Surprisingly, we did not see our risk profiles change appreciably when we adjusted for smoking status, where most other studies show smoking to be a risk factor.30 There were 46 never smoker individuals in our research study, of which 32 were cases and 14 were controls. Although we saw no statistically significant relationship, this may be on account of our age choice of samples: There were no never smoker controls below the age of 60 years with whom to compare the cases. Among the cases below the age of 60 years, 14 were past smokers, 18 were current smokers, and 7 were never smokers. Therefore, our sample size, ascertainment, and paucity of younger controls make it inappropriate to come to a conclusion concerning smoking and AMD. Other reasons that we did not see a higher risk in smokers are that we did not stratify by AMD disease categories as some researchers have done, nor did we adjust for smoking in the haplotype analysis. We were limited to three categories of smoker by the AREDS self-reported questionnaire.

Our multistate modeling, using two independent analytic approaches on the same data set, concluded that we could account for 80% of the cases and 50% of the controls on the basis of the CFH locus, the chromosome 10 gene associated SNPs, and one C2 intronic SNP on chromosome 6. We realize, however, that the size of this cohort and number of controls may be insufficient to make a definitive interaction assessment. To this caution, we add the confounding effects of population stratification and a small but consequential effect of missing genotypes. In addition, new statistical methods for assessing interactions are emerging; thus, our current assessment is no more than a best guess estimate. On the other hand, we believe it sufficiently meritorious and diligent to report in this paper at this time.

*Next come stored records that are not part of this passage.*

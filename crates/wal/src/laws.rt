// Theorems about logs, each on the contract of a function.
ghost use Rattle.wal.specs.Laws.{AddedIsPlaced, CapacityStays, EmptyIsNew, FullChangesNothing, NewIsEmpty, OffMeansOff};

pub fn appends_are_placed_or_leave_power_off()
    ensures placed { AddedIsPlaced }
    ensures full { FullChangesNothing }
    ensures off { OffMeansOff }
    ensures capacity { CapacityStays }
{}

pub fn new_logs_are_empty_and_no_others()
    ensures new_is_empty { NewIsEmpty }
    ensures empty_is_new { EmptyIsNew }
{}
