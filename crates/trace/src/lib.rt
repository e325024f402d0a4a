// The reader of a recording: the record in front of some bytes is a request, a remark or bad, or the recording is at its end. A record is a
// house record of kind 1 fetch, 2 store, 3 key instruction, 4 prefix instruction or 255 remark.
#![tactic(auto)]

ghost use Rattle.std.specs.Prelude.{◌≡◌};
ghost use Rattle.trace.specs.Trace.{size_of, kind_of, no_item, requested, access_in, key_in, prefix_in, remark_in, kind_read, read_of};

use house_record::fields::{byte, halfword, word};
use house_record::{Header, NoRecord, find};
use machine::{AccessKind, KeyInstruction, PrefixInstruction, Request};

// A record of a recording that is not bad. A size is that of the whole record.
#[derive(Clone, Copy, Debug, PartialEq, Eq)]
pub enum Item {
    // The data of a store are the bytes of the record from offset 11 on.
    Request {
        processor_number: usize,
        request: Request,
        size: usize,
    },
    Remark {
        size: usize,
    },
}

impl Item {
    // How many bytes the record has.
    pub fn size(self) -> usize
        ensures { result ≡ size_of self }
    {
        match self {
            Item::Request { size, .. } => size,
            Item::Remark { size } => size,
        }
    }
}

// Why neither stands in front.
#[derive(Clone, Copy, Debug, PartialEq, Eq)]
pub enum NoItem {
    // A bad record.
    Bad,
    // The end of the recording.
    End,
}

impl From<NoRecord> for NoItem {
    ghost from_gives = { λ why answer. answer ≡ no_item why };

    // A record cut short is bad.
    fn from(why: NoRecord) -> NoItem {
        match why {
            NoRecord::Short => NoItem::Bad,
            NoRecord::End => NoItem::End,
        }
    }
}

// The kind of a record.
#[derive(Clone, Copy, Debug, PartialEq, Eq)]
enum Kind {
    Access(AccessKind),
    Key,
    Prefix,
    Remark,
}

impl TryFrom<u32> for Kind {
    type Error = NoItem;

    ghost try_from_gives = { λ number answer. answer ≡ kind_of number };

    fn try_from(number: u32) -> Result<Kind, NoItem> {
        match number {
            1 => Ok(Kind::Access(AccessKind::Fetch)),
            2 => Ok(Kind::Access(AccessKind::Store)),
            3 => Ok(Kind::Key),
            4 => Ok(Kind::Prefix),
            255 => Ok(Kind::Remark),
            _ => Err(NoItem::Bad),
        }
    }
}

// The greatest length that is not bad. With it a record has 514 bytes.
pub const LENGTH_MAXIMUM: usize = 512;

// The most bytes of a remark.
const REMARK_MAXIMUM: usize = 256;

// Kinds 1 and 2: processor, address, length; then for a store exactly that many data bytes.
#[tactic(auto, using(crate::proofs::Bodies::accesses))]
fn access_in(kind: AccessKind, body: &[u8]) -> Result<Request, NoItem>
    ensures { requested body.now result ≡ access_in kind body.now }
{
    let count = halfword(body, 5);
    let data = match kind {
        AccessKind::Fetch => 0,
        AccessKind::Store => count as usize,
    };
    if body.len() != 7 + data {
        return Err(NoItem::Bad);
    }
    Ok(Request::Access {
        kind,
        address: word(body, 1),
        count,
    })
}

// Kind 3: processor, instruction, R1, R2 or address.
#[tactic(auto, using(crate::proofs::Bodies::keys))]
fn key_in(body: &[u8]) -> Result<Request, NoItem>
    ensures { requested body.now result ≡ key_in body.now }
{
    if body.len() != 10 {
        return Err(NoItem::Bad);
    }
    let r1 = word(body, 2);
    let r2 = word(body, 6);
    let instruction = match byte(body, 1) {
        0 => KeyInstruction::Isk { r1, r2 },
        1 => KeyInstruction::Ssk { r1, r2 },
        2 => KeyInstruction::Rrb { address: r2 },
        3 => KeyInstruction::Iske { r1, r2 },
        4 => KeyInstruction::Sske { r1, r2 },
        5 => KeyInstruction::Rrbe { r2 },
        _ => return Err(NoItem::Bad),
    };
    Ok(Request::Key(instruction))
}

// Kind 4: processor, 0 set or 1 store, word.
#[tactic(auto, using(crate::proofs::Bodies::prefixes))]
fn prefix_in(body: &[u8]) -> Result<Request, NoItem>
    ensures { requested body.now result ≡ prefix_in body.now }
{
    if body.len() != 6 {
        return Err(NoItem::Bad);
    }
    match byte(body, 1) {
        0 => Ok(Request::Prefix(PrefixInstruction::SetPrefix {
            word: word(body, 2),
        })),
        1 => Ok(Request::Prefix(PrefixInstruction::StorePrefix)),
        _ => Err(NoItem::Bad),
    }
}

// Kind 255.
#[tactic(auto, using(crate::proofs::Bodies::remarks))]
fn remark_in(body: &[u8]) -> Result<Item, NoItem>
    ensures { result ≡ remark_in body.now }
{
    if REMARK_MAXIMUM < body.len() {
        return Err(NoItem::Bad);
    }
    let size = 4 + body.len();
    Ok(Item::Remark { size })
}

// A record by the number of its kind and its body.
#[tactic(auto, using(crate::proofs::Bodies::by_number))]
fn read_kind(number: u32, body: &[u8]) -> Result<Item, NoItem>
    ensures { result ≡ kind_read number body.now }
{
    let request = match Kind::try_from(number)? {
        Kind::Access(kind) => access_in(kind, body)?,
        Kind::Key => key_in(body)?,
        Kind::Prefix => prefix_in(body)?,
        Kind::Remark => return remark_in(body),
    };
    Ok(Item::Request {
        processor_number: byte(body, 0) as usize,
        request,
        size: 4 + body.len(),
    })
}

// The record in front of the bytes.
#[tactic(auto, using(crate::proofs::Bodies::fronts))]
pub fn read_record(bytes: &[u8]) -> Result<Item, NoItem>
    ensures { result ≡ read_of bytes.now }
{
    let Header { length, kind } = find(bytes, 0)?;
    if LENGTH_MAXIMUM < length {
        return Err(NoItem::Bad);
    }
    read_kind(kind, &bytes[4..2 + length])
}
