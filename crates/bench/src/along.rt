// "Best and worst are the sums of R- and R+ along the path."
ghost use Rattle.std.specs.Prelude.{◌≡◌};
ghost use Rattle.paper.specs.Report.{along};
ghost use Rattle.bench.specs.Sums.{Summable, least_in, bound_in};

use report::{PathFigures, TaskFigures};
use stream::Ticks;

// The figures of a path with a deadline, along the task numbers that a part of the plan holds.
pub(crate) fn figures_along(deadline: Ticks, part: &[u8], tasks: &[TaskFigures]) -> PathFigures
    requires { Summable part.now tasks.now }
    ensures deadline { result.deadline ≡ deadline }
    ensures best { result.best.0 ≡ along part.now (least_in tasks.now) }
    ensures worst { result.worst.0 ≡ along part.now (bound_in tasks.now) }
{
    let mut best: u64 = 0;
    let mut worst: u64 = 0;
    for byte in part {
        let task = &tasks[usize::from(*byte)];
        best += task.least.0;
        worst += task.bound.0;
    }
    PathFigures {
        deadline,
        best: Ticks(best),
        worst: Ticks(worst),
    }
}
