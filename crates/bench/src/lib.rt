// The entry: plan bytes and report space to the answer.
#![tactic(auto)]

mod along;
mod answers;
mod entry;
mod figures;

pub use answers::{Accepted, Answer, Numbers, Refusal};
pub use entry::answer;
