// The entry: any bytes as a plan, any space for a report.
ghost use Rattle.std.specs.Prelude.{◌≡◌, length};
ghost use Rattle.paper.specs.Tables.{Plan, plan_of};
ghost use Rattle.paper.specs.Fields.{passed};
ghost use Rattle.paper.specs.Refusals.{read, WellFormed};
ghost use Rattle.sweep.specs.Rows.{per_task};
ghost use Rattle.bench.specs.Answers.{Answers, Weighs, Ready};
ghost use Rattle.bench.specs.Rows.{share_row};
ghost use Rattle.bench.specs.Tabled.{Timed, Tabled};

use crate::answers::{Accepted, Answer, Refusal};
use crate::figures::{path_figures, task_figures};
use arrayvec::ArrayVec;
use limits::TASKS;
use load::{Share, lowest_overloaded};
use plan::{Path, Task, head_of, path_rows, read, task_rows};
use report::{fill, length_of, write};
use rules::ruled;
use stream::Ticks;
use sweep::{periods, settle};

// What every task adds to the load of its controller. (Another list of the same tasks stands beside them, as it was handed back.)
fn shares_of(tasks: &[Task], periods: &[Ticks]) -> ArrayVec<Share, TASKS>
    requires { (p : Plan) × Timed p tasks.now periods.now }
    ensures { (p : Plan) → Timed p tasks.now periods.now → result.items ≡ per_task p (share_row p) }
{
    let mut shares = ArrayVec::new();
    for (task, period) in tasks.iter().zip(periods) {
        shares.push(Share {
            controller: task.controller,
            cost: task.most,
            period: *period,
        });
    }
    shares
}

// Refuses the lowest controller whose load is above one.
fn weigh(s: &[u8], tasks: &[Task], periods: &[Ticks]) -> Result<(), Refusal>
    requires { WellFormed s.now × Timed (plan_of s.now) tasks.now periods.now }
    ensures { Weighs (plan_of s.now) result }
{
    match lowest_overloaded(&shares_of(tasks, periods), head_of(s).controllers) {
        Some(controller) => Err(Refusal::Overloaded { controller }),
        None => Ok(()),
    }
}

// The answer to a well-formed plan, whose rows these are.
fn report_of(s: &[u8], tasks: &[Task], paths: &[Path], report: &mut [u8]) -> Answer
    requires { Tabled s.now tasks.now paths.now }
    ensures { Ready s.now (length report.old) result report.new }
{
    let length = length_of(tasks.len(), paths.len());
    if report.len() < length {
        return Err(Refusal::Short { needed: length });
    }
    let periods = periods(tasks);
    weigh(s, tasks, &periods)?;
    let mut settled = ArrayVec::new();
    let sweep = settle(tasks, &mut settled)?;
    let figures = task_figures(tasks, &settled);
    let times = path_figures(s, paths, &figures);
    write(report, sweep, &figures, &times);
    Ok(Accepted { length, sweep })
}

// The answer to a plan that reads. (Apart from the reading, so that no table is made room for where that refuses.)
fn ruled_report(s: &[u8], report: &mut [u8]) -> Answer
    requires { read s.now ≡ passed }
    ensures { Ready s.now (length report.old) result report.new }
{
    let tasks = task_rows(s);
    let paths = path_rows(s);
    ruled(s, &tasks, &paths)?;
    report_of(s, &tasks, &paths, report)
}

// The answer to a plan, with its report where it is accepted. Where it is refused, the report space is still to be filled.
fn report_on(s: &[u8], report: &mut [u8]) -> Answer
    ensures { Ready s.now (length report.old) result report.new }
{
    read(s)?;
    ruled_report(s, report)
}

// The answer to a plan, with its report or FF in the report space.
pub fn answer(plan: &[u8], report: &mut [u8]) -> Answer
    ensures { Answers plan.now (length report.old) result report.new }
{
    let answer = report_on(plan, report);
    if answer.is_err() {
        // "Every refusal sets each byte of the report space to FF."
        fill(report, 0);
    }
    answer
}
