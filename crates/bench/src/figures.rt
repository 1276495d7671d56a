// The figures of a report that follow from the set in which the sweeps settle.
ghost use Rattle.std.specs.Prelude.{◌≡◌, ◌+◌, ◌-◌, ◌<◌, ◌^◌};
ghost use Rattle.paper.specs.Tables.{Plan, plan_of};
ghost use Rattle.paper.specs.Report.{Figures};
ghost use Rattle.plan.specs.Tables.{tabulate};
ghost use Rattle.sweep.specs.Rows.{per_task};
ghost use Rattle.bench.specs.Rows.{task_figures, path_figures};
ghost use Rattle.bench.specs.Tabled.{Settling, Pathed};

use crate::along::figures_along;
use arrayvec::ArrayVec;
use limits::{PATHS, TASKS};
use plan::{Path, Task, part_of};
use report::{PathFigures, TaskFigures};
use sweep::Figure;

// A task's figures: its output stream is its input stream delayed by R+ - R-.
#[tactic(auto, unfolding(paper::specs::Streams::delayed))]
fn figures_of(task: &Task, settled: &Figure) -> TaskFigures
    requires { settled.now.input.jitter.0 + settled.now.bound.0 < 2 ^ 64 }
    ensures given { (result.least ≡ task.now.least) × (result.bound ≡ settled.now.bound) × (result.jobs ≡ settled.now.jobs) }
    ensures jitters { (result.input ≡ settled.now.input.jitter)
        × (result.output.0 ≡ settled.now.input.jitter.0 + (settled.now.bound.0 - task.now.least.0)) }
{
    let output = settled.input.delayed(settled.bound.minus(task.least));
    TaskFigures {
        least: task.least,
        bound: settled.bound,
        input: settled.input.jitter,
        output: output.jitter,
        jobs: settled.jobs,
    }
}

// Every task's figures.
pub(crate) fn task_figures(tasks: &[Task], settled: &[Figure]) -> ArrayVec<TaskFigures, TASKS>
    requires { (p : Plan) × (f : Figures) × Settling p f tasks.now settled.now }
    ensures { (p : Plan) (f : Figures) → Settling p f tasks.now settled.now → result.items ≡ per_task p (task_figures p f) }
{
    let mut rows = ArrayVec::new();
    for (task, figure) in tasks.iter().zip(settled) {
        rows.push(figures_of(task, figure));
    }
    rows
}

// Every path's figures.
pub(crate) fn path_figures(
    s: &[u8],
    paths: &[Path],
    tasks: &[TaskFigures],
) -> ArrayVec<PathFigures, PATHS>
    requires { (f : Figures) × Pathed s.now f paths.now tasks.now }
    ensures { (f : Figures) → Pathed s.now f paths.now tasks.now
        → result.items ≡ tabulate (plan_of s.now).paths (path_figures (plan_of s.now) f) }
{
    let mut rows = ArrayVec::new();
    for path in paths {
        let part = part_of(s, path.part);
        rows.push(figures_along(path.deadline, part, tasks));
    }
    rows
}
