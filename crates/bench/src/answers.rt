// "The answer is a number, a place and a sweep number", case by case.
ghost use Rattle.std.specs.Prelude.{◌≡◌};
ghost use Rattle.bench.specs.Answers.{said, numbered};
ghost use Rattle.bench.specs.declared.answers.Refusal.TheVariants.{Plan, Unbounded};

use stream::ControllerNo;
use sweep::Left;

// 0: accepted; how long the report is, and the first sweep that changed nothing.
#[derive(Clone, Copy, PartialEq, Eq)]
pub struct Accepted {
    pub length: usize,
    pub sweep: u64,
}

// Why a plan is refused.
#[derive(Clone, Copy, PartialEq, Eq)]
pub enum Refusal {
    // 1 to 10: the plan is not well-formed.
    Plan(plan::Refusal),
    // 11: the report space is too short.
    Short { needed: usize },
    // 12: the exact load of a controller is above one.
    Overloaded { controller: ControllerNo },
    // 13: no bound within limits.
    Unbounded(Left),
}

// What is answered to a plan.
pub type Answer = Result<Accepted, Refusal>;

// A refusal by reading or by the tables stays what it is.
impl From<plan::Refusal> for Refusal {
    ghost from_gives = { λ r e. e ≡ Plan r };

    // Puts it among the entry's refusals.
    fn from(refusal: plan::Refusal) -> Refusal {
        Refusal::Plan(refusal)
    }
}

// A task that leaves the limits has no bound, by the sweep in which it does.
impl From<Left> for Refusal {
    ghost from_gives = { λ l e. e ≡ Unbounded l };

    // Puts the task and the sweep among them.
    fn from(left: Left) -> Refusal {
        Refusal::Unbounded(left)
    }
}

// The three numbers of an answer.
#[derive(Clone, Copy, PartialEq, Eq)]
pub struct Numbers {
    pub number: u64,
    pub place: u64,
    pub sweep: u64,
}

impl Numbers {
    // Those of an answer that tells no sweep, whatever its number and its place are.
    pub fn without_sweep(number: u64, place: usize) -> Numbers
        ensures { numbered result ≡ record { number = number; place = place; sweep = 0 } }
    {
        Numbers {
            number,
            place: place as u64,
            sweep: 0,
        }
    }
}

// An answer's number, place and sweep number.
impl From<Answer> for Numbers {
    ghost from_gives = { λ a n. numbered n ≡ said a };

    // Takes them case by case: an accepted plan's number is 0.
    fn from(answer: Answer) -> Numbers {
        match answer {
            Ok(Accepted { length, sweep }) => Numbers {
                sweep,
                ..Numbers::without_sweep(0, length)
            },
            Err(Refusal::Plan(refusal)) => Numbers::without_sweep(
                refusal.number(),
                refusal.place(),
            ),
            Err(Refusal::Short { needed }) => Numbers::without_sweep(11, needed),
            Err(Refusal::Overloaded { controller }) => Numbers::without_sweep(12, controller.0),
            Err(Refusal::Unbounded(left)) => Numbers {
                sweep: left.sweep,
                ..Numbers::without_sweep(13, left.task.0)
            },
        }
    }
}
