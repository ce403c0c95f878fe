//! A call taken step by step: in which phase it is, and one step of it.
ghost use Rattle.std.specs.Prelude.{◌≡◌, ◌≢◌, ◌+◌, ◌∷◌, [], ◌<◌, ℕ, None, Some, Err, is_some, option_and_then, option_copied, true};
ghost use Rattle.rp_base.specs.declared.limits.TheConstants.{CALLERS_MOST};
ghost use Rattle.lane_model.specs.declared.calls.Answer.TheVariants as answer;
ghost use Rattle.lane_model.specs.declared.calls.Ask.{Ask};
ghost use Rattle.lane_model.specs.declared.calls.Ask.TheVariants as ask;
ghost use Rattle.lane_model.specs.declared.calls.Progress.TheVariants as progress;
ghost use Rattle.lane_model.specs.declared.calls.Step.TheVariants as done;
ghost use Rattle.lane_model.specs.declared.calls.Wish.TheVariants as wish;
ghost use Rattle.lane_model.specs.declared.lane_links.LaneLink.{LaneLink};
ghost use Rattle.lane_model.specs.declared.stages.GiveStage.TheVariants as give_stage;
ghost use Rattle.lane_model.specs.declared.stages.TakeStage.TheVariants as take_stage;
ghost use Rattle.lane_model.specs.HeldBuffers.{HeldBuffer};
ghost use Rattle.lane_model.specs.Answers.{busy_answer, given_back, wish_of};
ghost use Rattle.lane_model.specs.Links.{form_step};
ghost use Rattle.ring_core.specs.declared.states.RingState.{RingState};
ghost use Rattle.ring_core.specs.RingSteps.{ring_form};
ghost use Rattle.link_words.specs.declared.rule.Event.TheVariants as event;
ghost use Rattle.link_words.specs.declared.rule.Made.TheVariants as made;
ghost use Rattle.link_words.specs.Calls.{SeatState};
ghost use Rattle.link_words.specs.Deeds.{after_deed};
ghost use Rattle.link_words.specs.PlacedLinks.{KnowsState};
ghost use Rattle.split_ring.specs.CallPhases as in_phase;
ghost use Rattle.split_ring.specs.Calls.{call_end, deed_of, send_answer, take_answer, desk_said, hands_in, IsInPhase, IsOwnAsk, IsShort, IsPath, Advances};
ghost use Rattle.split_ring.specs.Callers.{IsAdvanced, MayAdvance, StepNotBelow, TakesStep};
ghost use Rattle.split_ring.specs.declared.callers.CallerId.{CallerId};
ghost use Rattle.split_ring.specs.declared.callers.Manager.{Manager};
ghost use Rattle.split_ring.specs.Carried.{MayAdvanceBy, MayAskBy};
ghost use Rattle.split_ring.specs.Focus.{IsOrderlySeat, StaysAlone, StepsAlone, seat_of};
ghost use Rattle.split_ring.specs.Handed.{HandsBufferOf, StepsLanes};
ghost use Rattle.split_ring.specs.Phases.{IsNext, IsUnderWay, IsUnsettled, KeepsBuffer, answer_in, asked_side, give_phase, give_steps, phase_behind, outcome_said, progress_of, send_phase, send_steps, settled_end, side_of, steps_in, take_phase, take_steps, wished_in};
ghost use Rattle.split_ring.specs.Seats.{pass_in};
ghost use Rattle.split_ring.specs.Stages.{answer_buffer};
ghost use Rattle.split_ring.specs.declared.takes.TakeCall.{TakeCall};
ghost use Rattle.split_ring.specs.Turns.{HasBegun};
ghost use Rattle.split_ring.specs.Walks.{HasDone, same_hands};

use crate::binds::{DeskAsk, DeskFault, desk_result};
use crate::callers::{Caller, CallerId};
use crate::held_places::HeldPlace;
use crate::links::SharedLink;
use crate::sends::{SendCall, SendFault};
use crate::stages::{Phase, Request, Stage};
use crate::takes::{TakeCall, TakeFault};
use crate::turns::other;
use lane_model::{
    Ask, CallEnd, Desk, GiveStage, LaneTurn, Progress, SendStage, Step, TakeStage, Wish,
};
use link_words::LinkSeat;
use rp_base::{CallerNo, Endpoint, Message};
use std::marker::PhantomData;

/// A call of a caller from its beginning to its end, of which one step is taken at a time.
#[derive(Drop)]
pub struct RingCall<D: Desk> {
    pub(crate) phase: Phase,
    marker: PhantomData<D>,
}

impl<D: Desk> RingCall<D> {
    /// A call that has ended. Another begins in its place with `ask` or `give`.
    pub fn ended() -> RingCall<D>
        ensures { result.phase ≡ in_phase.Ended }
    {
        RingCall {
            phase: Phase::ended(),
            marker: PhantomData,
        }
    }

    /// Begins a call here that asks for what is wished, anything but to give a buffer back, and has done no step yet.
    pub fn ask(&mut self, wished: &Wish)
        requires { (number : ℕ) → wished.now ≢ wish.Give number }
        ensures { (asked : Ask) × (self.new.phase ≡ in_phase.Asked asked) × (wish_of asked ≡ wished.now) × (given_back asked ≡ None) }
    {
        self.phase.ask(wished);
    }

    /// Begins a call here that gives back the buffer in this place, and has done no step yet.
    pub fn give(&mut self, held: &HeldPlace)
        ensures { self.new.phase ≡ in_phase.Asked (ask.Give held.now) }
    {
        self.phase.give(held);
    }

    /// How the call ends, once that is settled: its next step is the last one.
    pub fn settled(&self) -> Option<CallEnd>
        ensures { result ≡ settled_end self.now.phase }
    {
        self.phase.settled()
    }

    /// Whether it is settled how the call ends.
    pub fn is_settled(&self) -> bool
        ensures { result ≡ is_some (settled_end self.now.phase) }
    {
        self.phase.is_settled()
    }

    /// The buffer that its caller is handed, or has back, by the answer that is settled.
    pub fn held(&self) -> Option<&HeldPlace>
        ensures { option_copied result ≡ option_and_then answer_buffer (answer_in self.now.phase) }
    {
        self.phase.held()
    }
}
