ghost use Rattle.std.specs.Prelude.{◌≡◌, ◌≤◌, [], ◌∷◌, ◌++◌, true, false, Some, Ok, Err, IfOk, IfSome, OnOk};
ghost use Rattle.std.specs.Option.{option_copied};
ghost use Rattle.std.specs.List.{list_any};
ghost use Rattle.std.specs.List.Sorted.{IsPermutation};
ghost use Rattle.vring_layout.specs.Sizes.{ring_size};
ghost use Rattle.resource_table.specs.Entries.{entries_of};
ghost use Rattle.resource_table.specs.Tables.{IsSoundDevice, IsSoundEntry, IsSoundRing};
ghost use Rattle.memory_pool.specs.OrderedBlocks.{IsMemoryOf, IsNewBlock, IsOrdered};
ghost use Rattle.memory_pool.specs.Places.{any_at, block_in, entry_of, given_in, is_window_use, least_free, memory_of, next_block, place_in, pool_of, window_at, windows_of};
ghost use Rattle.memory_pool.specs.Ranges.{lies_in, meets_block, meets_region};
ghost use Rattle.memory_pool.specs.Soundness.{IsRange};
ghost use Rattle.memory_pool.specs.Wanted.{buffers_wanted, is_anywhere, memory_wanted, rings_wanted, wanted_by, wanted_from};
ghost use Rattle.fw_load.specs.Tables.{entries_in};
ghost use Rattle.board_file.specs.Boards.{AreAliases, AreRanges};
ghost use Rattle.load_findings.specs.Aliases.{device_through, entry_through, ring_through};
ghost use Rattle.load_findings.specs.Placings.{entries_through, no_outcome, outcome_of, tried, with_block};
ghost use Rattle.load_findings.specs.Walks.{of_kind, outcome_in};

use crate::gaps::{least_place, range_end, ranges_meet};
use crate::held::{address_through, read_through};
use board_file::Alias;
use memory_pool::{Block, PlaceFault, Region, Use};
use resource_table::{Entry, Ring, Table, Vdev};
use rp_base::{Da, MESSAGE_MOST, NoMemory, Pa, ring_capacity};
use std::alloc::Global;
use vring_layout::vring_size;

/// The device address that means any (`FW_RSC_ADDR_ANY` of `remoteproc.h`).
const ANY: Da = 0xffff_ffff;

/// The alignment of carveouts and of buffers that may be anywhere.
const PAGE: u32 = 4096;

/// The kind of a device for RPMsg (`VIRTIO_ID_RPMSG`).
const RPMSG: u32 = 7;

/// The address after the last one.
const ADDRESSES_END: u64 = 4_294_967_296;

/// What becomes of all that a table asks for.
#[derive(Drop)]
pub(crate) struct Placing {
    /// What is placed, in order.
    pub(crate) blocks: Vec<Block>,
    /// What is refused, in order.
    pub(crate) refused: Vec<PlaceFault>,
    /// The blocks of memory among those placed, in the order of their device addresses.
    memory: Vec<Block>,
}

/// Places all that a table asks for which can be placed.
pub(crate) fn place_all(
    alloc: Global,
    regions: &[Region],
    aliases: &[Alias],
    table: &Option<Table<'_>>,
) -> Result<Placing, NoMemory>
    requires regions { AreRanges regions.now }
    requires aliases { AreAliases aliases.now }
    ensures { IfOk result (λ placing. outcome_in placing ≡ outcome_of regions.now (entries_through aliases.now (entries_in table.now))) }
{
    match table {
        Some(table) => place_table(alloc, regions, aliases, table),
        None => Ok(Placing::new(alloc)),
    }
}

/// Places all that a table asks for: first what has an address, then what may be anywhere.
fn place_table(
    alloc: Global,
    regions: &[Region],
    aliases: &[Alias],
    table: &Table<'_>,
) -> Result<Placing, NoMemory>
    requires regions { AreRanges regions.now }
    requires aliases { AreAliases aliases.now }
    ensures { IfOk result (λ placing. outcome_in placing ≡ outcome_of regions.now (entries_through aliases.now (entries_of table.now))) }
{
    let mut placing = Placing::new(alloc);
    placing.take_table(regions, aliases, table, false)?;
    placing.take_table(regions, aliases, table, true)?;
    Ok(placing)
}
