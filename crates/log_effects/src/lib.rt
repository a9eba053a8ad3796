//! What the records of batches do to a map.
#![tactic(auto)]

mod effects;

pub use effects::{write_record, write_records};
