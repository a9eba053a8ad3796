//! What records do to a map. `MemTableInserter` of RocksDB's `write_batch.cc` does this to a memtable.

ghost use Rattle.std.specs.Prelude.{◌≡◌, ◌<◌, ℕ, length, take, OnOk, OnErr};
ghost use Rattle.model_base.specs.Map.{after_record, after_records};
ghost use Rattle.log_batch.specs.View.{record_of};

use base_maps::FamilyMap;
use log_batch::{RecordView, Records};
use model_base::NoMemory;

/// Changes a map as records say, in their order. If memory runs out, it stops after some of them, perhaps none.
pub fn write_records(map: &mut FamilyMap, records: Records<'_>) -> Result<(), NoMemory>
    ensures ok { OnOk result (map.new ≡ after_records map.old records.entry) }
    // Some of the records were written, from the first on, and never all: so the map is of no use to who needs all of
    // them.
    ensures err { OnErr result
        ((written : ℕ) × (written < length records.entry)
        × (map.new ≡ after_records map.old (take written records.entry))) }
{
    // The map has the changes of the records before those that are left.
    for view in records {
        write_record(map, view)?;
    }
    Ok(())
}

/// Changes a map as a record says: a value is set at its key, a deletion removes its key, and log data changes
/// nothing. If memory runs out, the map stays as it was.
pub fn write_record(map: &mut FamilyMap, view: RecordView<'_>) -> Result<(), NoMemory>
    ensures ok { OnOk result (map.new ≡ after_record map.old (record_of view.entry)) }
    ensures err { OnErr result (map.new ≡ map.old) }
{
    match view {
        RecordView::Value { family, key, value } => map.insert(family.unwrap_or(0), key, value),
        RecordView::Deletion { family, key } => {
            map.remove(family.unwrap_or(0), key);
            Ok(())
        }
        RecordView::SingleDeletion { family, key } => {
            map.remove(family.unwrap_or(0), key);
            Ok(())
        }
        RecordView::LogData { .. } => Ok(()),
    }
}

Identifying genetic risk factors for AMD is important for understanding the etiology of the disease. Currently, AMD is not preventable and its causes are not fully understood although a number of risk factors and a few protective factors have been identified. A better understanding of the pathology and genetic predisposition of AMD is vital for both the affected individual and the larger public's health. In the coming years, we will have a greatly increased population over the age of 65 years with greater longevity, and therefore AMD disease will continue rising as an urgent public health issue. Vision loss resulting from AMD will have a considerable impact on the health-care system, social services, on families and communities, and quality of life. Significant efforts and progress have been made in learning the genetic causes of AMD, yet further research is needed to bring forth prevention and treatment strategies.